Physics
Improve your experience by picking them
A solenoid is marked 650 turns. The mean flux per turn is found to be 6.80 × 10-4 Wb when a current of 3.20 A flows through the solenoid. If a self-induced emf of 0.0800 V is desired, determine the magnitude of the current change rate (di/dt) through the solenoid.
Tests on an inductor show that a self-induced emf of magnitude 0.185 V is generated when the current is increased at a rate of 0.580 A/s. The manufacturer's label shows that the inductor has 550 turns. Determine the mean magnetic flux in each turn when the inductor draws a current of 0.770 A.
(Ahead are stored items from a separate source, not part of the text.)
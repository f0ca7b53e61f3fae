//! The exchange of a code (RFC 6749, section 4.1.3).

ghost use Rattle.std.specs.Prelude.{◌≡◌, ◌++◌, ◌∷◌, [], Some, None, IfOk, Err, option_copied};
ghost use Rattle.http_uri.specs.Uri.{SpellsNone};
ghost use Rattle.url.specs.Parts.{serialize};
ghost use Rattle.oauth2_wire.specs.Once.{AsksOnce};
ghost use Rattle.oauth2_wire.specs.Reply.{answer_of};
ghost use Rattle.oauth2_wire.specs.Request.{IsRequestOf, view_of};
ghost use Rattle.oauth2_wire.specs.Texts.{param_bytes, redirect_of};
ghost use Rattle.oauth2_requests.specs.Code.{code_configuration};

use crate::base_request::BaseRequest;
use oauth2_codes::ErrorResponse;
use oauth2_replies::TokenResponse;
use oauth2_types::{AuthorizationCode, PkceCodeVerifier};
use oauth2_urls::{RedirectUrl, TokenUrl};
use oauth2_wire::{
    HttpRequest, ParamText, RedirectRef, RequestFault, RequestTokenError, SyncHttpClient,
};
use std::alloc::{AllocError, Global};
use std::marker::{Model, PhantomData};

/// A request to exchange a code for a token.
#[derive(Drop)]
#[derive_where(Debug)]
pub struct CodeTokenRequest<'a, TE, TR> {
    base: BaseRequest<'a>,
    token_url: &'a TokenUrl,
    code: AuthorizationCode,
    pkce_verifier: Option<PkceCodeVerifier>,
    redirect_url: Option<RedirectRef<'a>>,
    phantom: PhantomData<(TE, TR)>,
}

impl<'a, TE, TR> Model for CodeTokenRequest<'a, TE, TR> {
    ghost use Rattle.std.specs.Prelude.{option_map};
    ghost use Rattle.oauth2_wire.specs.Texts.{redirect_of};
    ghost use Rattle.oauth2_requests.specs.Code.{CodeRequest};

    ghost Value = { CodeRequest };

    ghost view = { λ r. record {
      base = r.base;
      token_url = r.token_url.now;
      code = r.code;
      pkce_verifier = r.pkce_verifier;
      redirect_url = option_map redirect_of r.redirect_url;
    } };
}

impl<'a, TE, TR> CodeTokenRequest<'a, TE, TR> {
    /// A request with no code verifier yet. `oauth2::Client` builds it; call `new` yourself if you
    /// keep your endpoints without a `Client`.
    pub fn new(
        base: BaseRequest<'a>,
        token_url: &'a TokenUrl,
        redirect_url: Option<&'a RedirectUrl>,
        code: AuthorizationCode,
    ) -> Self
        ensures { result ≡ record {
          base = base.entry;
          token_url = token_url.now;
          code = code;
          pkce_verifier = None;
          redirect_url = option_copied redirect_url.entry;
        } }
    {
        CodeTokenRequest {
            base,
            token_url,
            code,
            pkce_verifier: None,
            redirect_url: redirect_url.map(RedirectRef::Borrowed),
            phantom: PhantomData,
        }
    }

    /// Adds an extra parameter. If the request itself sends a parameter with that name, both are
    /// sent.
    pub fn add_extra_param(
        mut self,
        name: ParamText<'a>,
        value: ParamText<'a>,
    ) -> Result<Self, AllocError>
        ensures { let added = (param_bytes name.entry, param_bytes value.entry) ∷ [] in
            IfOk result (λ r. r ≡ record self.entry {
              base =
                  record self.entry.base { extra_params = self.entry.base.extra_params ++ added };
            }) }
    {
        self.base.add_extra_param(name, value)?;
        Ok(self)
    }

    /// Sets the code verifier (RFC 7636, section 4.5).
    pub fn set_pkce_verifier(mut self, pkce_verifier: PkceCodeVerifier) -> Self
        ensures { result ≡ record self.entry { pkce_verifier = Some pkce_verifier } }
    {
        self.pkce_verifier = Some(pkce_verifier);
        self
    }

    /// Sets the redirect URL. Without this call, it is that of the client, if the client has one.
    pub fn set_redirect_uri(mut self, redirect_url: RedirectRef<'a>) -> Self
        ensures { result ≡ record self.entry {
          redirect_url = Some (redirect_of redirect_url.entry);
        } }
    {
        self.redirect_url = Some(redirect_url);
        self
    }

    /// The POST that `request` sends. The error is `NotHttp` if the endpoint URL is not an HTTP
    /// target.
    pub fn prepare_request(&self, alloc: Global) -> Result<HttpRequest, RequestFault>
        ensures ok { IfOk result (λ r. IsRequestOf (code_configuration self.now)
            (serialize self.now.token_url.url) (view_of r)) }
        ensures not_http { result ≡ Err RequestFault.NotHttp
            → SpellsNone (serialize self.now.token_url.url) }
    {
        let url = self.token_url.url();
        let code = self.code.secret().as_str();
        match &self.pkce_verifier {
            None => self.base.prepare(
                alloc,
                url,
                self.redirect(),
                &[("grant_type", "authorization_code"), ("code", code)],
            ),
            Some(verifier) => self.base.prepare(
                alloc,
                url,
                self.redirect(),
                &[
                    ("grant_type", "authorization_code"),
                    ("code", code),
                    ("code_verifier", verifier.secret().as_str()),
                ],
            ),
        }
    }

    fn redirect(&self) -> Option<&RedirectUrl>
        ensures { option_copied result ≡ self.now.redirect_url }
    {
        match &self.redirect_url {
            Some(redirect_url) => Some(redirect_url.redirect_url()),
            None => None,
        }
    }
}

impl<'a, TE: ErrorResponse, TR: TokenResponse> CodeTokenRequest<'a, TE, TR> {
    /// Sends the request once, and reads its reply.
    pub fn request<C: SyncHttpClient>(
        self,
        alloc: Global,
        http_client: &mut C,
    ) -> Result<TR, RequestTokenError<C::Error, TE>>
        requires { C.is_ready http_client.old }
        ensures once { AsksOnce TR.meaning TE.meaning C.step
            (answer_of self.entry.base.reply_rule TR.reading TE.reading)
            (IsRequestOf (code_configuration self.entry))
            (serialize self.entry.token_url.url) http_client.old result http_client.new }
        ensures ready { C.is_ready http_client.new }
    {
        let prepared = self.prepare_request(alloc);
        self.base.send_once(alloc, prepared, http_client)
    }
}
The electrical current in a circuit is increased at a constant rate of 0.520 A/s. The self-induced emf of an inductor in the circuit is measured to be 0.230 V. Find the inductor's inductance.
A toroid is marked 48.5 mH. Its diameter is 15.0 cm, and its cross-sectional area is 1.8 cm2. Determine its number of turns.
The metallic spiral binding (coil bind) of a book has 48 turns and is 297 mm long. Its diameter is 25 mm. If the binding acts like an ideal solenoid, determine its self-inductance if it is connected in a circuit.
You have a pair of thin cables placed parallel with a radius of r. The distance between the two wires is given by d and is filled with a material of permeability μ. The same current flows through both cables in opposite directions. Calculate the inductance per unit length of the wire, ignoring the magnetic field in the wires.
While developing a prototype for an electromagnetic launcher, Taylor uses an air-core solenoid that is 1.2 meters long, has a diameter of 3.5 centimeters, and has 9,000 turns of copper wire wrapped around it. Determine the inductance 𝐿 of the solenoid.
A transformer coil experiences a change in current from 10 mA to 50 mA within 20 ms, inducing an emf of 0.80 V. Determine the inductance of the coil.
In an electrical circuit, a component has a resistance of 2.5-Ω and an inductance of 500 mH. It is connected to an AC source. At a particular instant, the current in the circuit is 4.00 A and is increasing at a rate of 1.00 A/s. Calculate the total voltage across this component at that instant.
The tightly wound wire of a solenoid is used to make another solenoid with a radius 3.0 times the original. The length of the wire remains constant. By how much does the inductance change?
Hint: Use L = μ₀ (N² π r²) / ℓ, and consider the relationship between r and N.